"Killers of the flower moon" est sans doute dans ces dernières années le projet cinématographique le plus fascinant et probablement le plus ambitieux. La mise (enfin) en image des crimes odieux perpétrés contre la communauté Osage dans une fresque de plus de trois heures, à l'ancienne, l'implication d'acteurs ou même d'artisans de la tribu pour la fabrication d'accessoires, un casting séduisant et évidemment, à la baguette un (le?) maitre du cinéma contemporain: Martin Scorsese.
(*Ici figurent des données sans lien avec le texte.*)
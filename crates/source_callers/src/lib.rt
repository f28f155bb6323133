//! Callers of sources that are there once, and of sources that do something. They are proved from the contracts of the crates
//! below alone.
#![tactic(auto)]

mod calling_calling;
mod combining_calling;
mod receiving_calling;
mod updating_calling;

pub use calling_calling::{Always, Instead, NoMore, load_or};
pub use combining_calling::{Cost, Runtime, costs, costs_of_ten};
pub use receiving_calling::{Even, Half, five_halves};
pub use updating_calling::{count_one, count_within};
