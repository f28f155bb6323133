//! A shared flow between two threads: one emits, the other receives, and sleeps while nothing is there. Who emits lets the other one
//! go where it gives up.
#![tactic(auto)]

ghost use Rattle.std.specs.Prelude.{◌≡◌, None};

use flow_stopping::{Received, StoppableParker, Stopper};
use shared_core::{Config, Policy, Refusal};
use shared_flow::{Emitter, Parker, SharedFlow, Subscription};
use std::alloc::AllocGlobal;
use std::process::ExitCode;
use std::random::RandomSource;
use std::sync::Wait;
use std::thread::Threads;
use std::{io, thread};

/// Kotlin's `MutableSharedFlow(replay = 8)`, and the limits that Kotlin lacks.
const NEWS: Config = Config {
    replay: 8,
    extra: 0,
    policy: Policy::Suspend,
    subscribers: 1,
    emits: 1,
    first: 0,
};

/// Emits two values. There is room for them, so it doesn't wait.
fn emit_both(rt: &impl Wait, emitter: &mut Emitter<u64>, parker: &mut Parker) -> Result<(), Refusal>
    requires { emitter.old.ticket ≡ None }
{
    emitter.emit(rt, parker, 10)?;
    emitter.emit(rt, parker, 20)?;
    Ok(())
}

/// One thread: it emits, or gives up and lets the other go, which sleeps until the values are there.
fn send(
    rt: &impl Wait,
    emitter: &mut Emitter<u64>,
    parker: &mut Parker,
    other: &Stopper,
) -> Result<(), Refusal>
    requires { emitter.old.ticket ≡ None }
{
    let sent = emit_both(rt, emitter, parker);
    if sent.is_err() {
        other.stop();
    }
    sent
}

/// The other thread: it receives two values, and sleeps until each is there. Nothing where it was let go.
fn receive(
    rt: &impl Wait,
    reader: &mut Subscription<u64>,
    parker: &mut StoppableParker,
) -> Result<Option<(u64, u64)>, Refusal> {
    let Received::Value(first) = parker.next(rt, reader)? else {
        return Ok(None);
    };
    let Received::Value(second) = parker.next(rt, reader)? else {
        return Ok(None);
    };
    Ok(Some((first, second)))
}

/// Both threads. Where no second one can be had, `join` calls the second closure first, so the one that doesn't wait stands there. What
/// was made is ended on each path: an emitter and a subscription have no `Drop`.
fn run<R>(rt: &R) -> Result<Option<(u64, u64)>, Refusal>
where
    R: Wait + Threads + RandomSource + AllocGlobal + Sync,
{
    let mut sending = Parker::new(rt)?;
    let (mut receiving, stopper) = StoppableParker::new(rt)?;
    let mut flow = SharedFlow::new(rt.alloc(), NEWS)?;
    let mut reader = flow.subscribe(rt)?;
    let received = match flow.emitter(1) {
        Ok(mut emitter) => {
            let (received, sent) = thread::join(
                rt,
                || receive(rt, &mut reader, &mut receiving),
                ||
                    requires { emitter.ticket ≡ None }
                { send(rt, &mut emitter, &mut sending, &stopper) },
            );
            emitter.close(rt);
            sent.and(received)
        }
        Err(refusal) => Err(refusal),
    };
    reader.cancel(rt);
    received
}

fn main(rt: HostRuntime) -> io::Result<ExitCode> {
    match run(&rt) {
        Ok(Some((first, second))) => {
            println!(rt; "received: {first}, {second}")?;
            Ok(ExitCode::SUCCESS)
        }
        Ok(None) => {
            eprintln!(rt; "let go")?;
            Ok(ExitCode::FAILURE)
        }
        Err(refusal) => {
            eprintln!(rt; "refused: {refusal}")?;
            Ok(ExitCode::FAILURE)
        }
    }
}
Marty pour les intimes étaient autant de promesses d'une grande œuvre à venir.
Mais parfois, des grandes espérances naissent de petites déception, d'importantes incompréhensions, et même (oui) une rage contenue, de celle qui fait serrer les dents, saillir la mâchoire inférieure et donne aux visages des airs mi-agressif mi-imbécile, mais qui probablement séduisent certains acteurs en quête de composition marquante. C'est ainsi que se dévoile DiCaprio, (Ernest Burkhart) https://urlz.fr/qnTL, vétéran de retour de la guerre, face à son modèle De Niro (son oncle William Hale), https://urlz.fr/qnTQ dans un parfait mimétisme et une confrontation de prognathes, cabotinant trois heures durant à qui mieux, le plus grimaçant des deux étant sans conteste DiCaprio.
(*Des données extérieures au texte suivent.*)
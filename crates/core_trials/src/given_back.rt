//! What a lane, its sequencer and the seats of a state had of a heap is given back as they are let go: their `Drop` is written by
//! hand, and no contract says that it forgets no field. Types that take their memory from the system alone can't be counted so.

use crate::tools::assert_same;
use linked_list_allocator::LocalHeap;
use shared_core::{Begun, Config, Policy, Refusal, Ticket, Tried};
use shared_lane::{Lane, Taken};
use state_flow::StateFlow;
use std::test::Fail;

/// The emitter of every value.
const EMITTER: u32 = 5;

/// Two places, one of them of the replay cache, and two tickets.
const CONFIG: Config = Config {
    replay: 1,
    extra: 1,
    policy: Policy::Suspend,
    subscribers: 1,
    emits: 2,
    first: 0,
};

/// How much of the heap is used while a lane is there, and whether its calls are answered as they should be: as it is let go, an
/// emission waits, and another one's ticket is out.
fn used_by_lane(heap: &LocalHeap) -> Result<(usize, bool), Refusal> {
    let (lane, mut sequencer) = Lane::new(heap, CONFIG)?;
    let mut reader = sequencer.admit(&lane)?;
    let first = sequencer.try_emit(&lane, EMITTER, 7);
    let second = sequencer.start_emit(&lane, EMITTER, 8);
    let third = sequencer.start_emit(&lane, EMITTER, 9);
    let fourth = sequencer.start_emit(&lane, EMITTER, 10);
    let taken = reader.try_next(&lane);
    let accepted = sequencer.scan(&lane);
    reader.close(&lane);
    let are_begun = third == Ok(Begun::Waiting(Ticket(0)))
        && fourth == Ok(Begun::Waiting(Ticket(1)));
    let are_accepted = first == Ok(Tried::Accepted(0)) && second == Ok(Begun::Accepted(1));
    let is_right = are_accepted && are_begun && taken == Taken::Value(7) && accepted == 1;
    Ok((heap.used(), is_right))
}

/// The same of a state with three seats, of which one has collected.
fn used_by_state(heap: &LocalHeap) -> Result<(usize, bool), Refusal> {
    let mut seat = StateFlow::new(heap, 3u64, 3)?;
    let mut other = seat.take_seat(0)?;
    let mut collector = seat.take_seat(0)?.collect();
    other.set(5);
    let value = collector.try_next();
    let last = collector.cancel();
    let used = heap.used();
    drop(last);
    Ok((used, value == Some(5) && seat.value() == 5))
}

#[test]
fn a_heap_has_back_what_a_lane_had(rt: HostRuntime) -> Result<(), Fail> {
    let heap = LocalHeap::new(rt.alloc(), 4096)?;
    let (used, is_right) = used_by_lane(&heap)?;
    assert_same(&rt, "the calls", is_right, true);
    assert_same(&rt, "was some used", used > 0, true);
    assert_same(&rt, "bytes in use after it", heap.used(), 0);
    Ok(())
}

#[test]
fn a_heap_has_back_what_a_state_had(rt: HostRuntime) -> Result<(), Fail> {
    let heap = LocalHeap::new(rt.alloc(), 4096)?;
    let (used, is_right) = used_by_state(&heap)?;
    assert_same(&rt, "the calls", is_right, true);
    assert_same(&rt, "was some used", used > 0, true);
    assert_same(&rt, "bytes in use after it", heap.used(), 0);
    Ok(())
}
Evidemment, les personnages en ce qu'ils représentent sont antipathiques par nature, Ernest Burkhart est une âme simple, cupide et violente manipulé par un William Hale, rancher richissime, calculateur toujours plus avide, cornaquant son neveu pour qu'il séduise et épouse une riche Osage, commanditaire des actes qui contribueront à décimer la famille de cette dernière pour partager le butin avec son descendant indirecte.
Adapté d'une enquête littéraire de David Grann, "la note américaine", Kilers of... prend, nous le comprenons rapidement, le parti comme souvent chez Scorsese d'adopter le point de vue des crapules, délaissant quelque peu le développement des personnages amérindiens. Les Osage donc déplacés par le gouvernement fédéral dans l'Oklahoma, avec lequel ils ont conclu en 1906, un accord octroyant de façon exclusive aux membres de la tribu des droits sur toute ressource minérale trouvée dans le sol. Les gisements de pétrole découverts enrichiront la tribu et susciteront la convoitise des "pionniers " blancs qui chercheront à épouser les natives fortunées.
Le livre, fruit d'un long travail de recherche historique adopte par nécessité le point de vue de l'enquêteur principal du "Bureau of Investigation" (l'inévitable Jesse Plemons), nouvellement créé à l'initiative D'Edgar Hoover et chargé d'enquêter sur les morts mystérieuses des membres de la tribu (une soixantaine en tout en 4 ans), idée initialement envisagée par le réalisateur , puis rejetée à l'initiative de DiCaprio qui devait à l'origine interpréter le personnage.
le Métrage nous entraine donc sur le terrain de jeu favori du cinéaste, une immersion au cœur du crime organisé, suivant l'ascension de petits malfrats à l'intellect limité qui se forgent une notoriété à coup d'assassinats (ah la balle tirée par derrière à bout portant dans la tête), des protecteurs un peu plus malins et faussement bienveillants, puis,
la chute, conséquence de la négligence des plus idiots encore qui laisseront l'empreinte de leur bêtise sur tous les lieux de crime, agissant à visage découvert et provoquant la chute d'une organisation criminelle désunie. Chacun "balançant" son voisin en espérant s'en tirer à bon compte.
Bref du connu du convenu, décevant parce que nous étions en droit d'attendre un meilleur traitement dramatique de cette adaptation qui pourtant portait en elle de belles promesses. La mise en scène est soignée, brillante même parfois (la séquence finale est tout à fait originale, le personnage de Molly (Lily Gladstone) est attachant, Ernest son mari est un personnage complexe, un peu insaisissable, amoureux probablement de sa femme, mais le fait que le cinéaste place le spectateur en position de mieux comprendre les enjeux et manipulation que lui est un peu déroutant.